Records for the task:
#####
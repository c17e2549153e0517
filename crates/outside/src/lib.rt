//! What a program takes its bytes from and gives them to. Traits say what a read and a write may do, of a stream and of a
//! link of two sides, and count the outside's failures. Each comes in memory, where every byte is told and the failures are
//! planned, and over std's readers, writers and connections, with the bytes that those tell: a file, a standard stream and
//! a TCP connection tell none. Beside them stand what gives links, what tells the moment, and what tells a worker whether it
//! goes on.
#![tactic(auto)]

mod accepting;
mod crossing;
mod drain;
mod link;
mod list_clock;
mod machine;
mod memory_link;
mod memory_listener;
mod memory_sink;
mod memory_source;
mod open_gate;
mod pause_gate;
mod reading;
mod stream;
mod stream_door;
mod stream_link;
mod stream_sink;
mod stream_source;
mod wall_clock;
mod writing;

pub use crossing::{clock_and_gate_cross, tcp_is_send};
pub use link::{Clock, Gate, Link, LinkEnd, Listener};
pub use list_clock::ListClock;
pub use machine::{file_source, std_sink, std_source};
pub use memory_link::MemLink;
pub use memory_listener::MemListener;
pub use memory_sink::MemSink;
pub use memory_source::MemSource;
pub use open_gate::OpenGate;
pub use pause_gate::PauseGate;
pub use stream::{Failed, Sink, Source};
pub use stream_door::{StreamDoor, TcpDoor};
pub use stream_link::{StreamLink, TcpLink};
pub use stream_sink::StreamSink;
pub use stream_source::StreamSource;
pub use wall_clock::WallClock;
#####
What you will do:
Write out each line exactly, beginning at the one with "pub use stream_source::StreamSource;" and ending at the final line of the records above, with nothing added.

Task answer:
pub use stream_source::StreamSource;
pub use wall_clock::WallClock;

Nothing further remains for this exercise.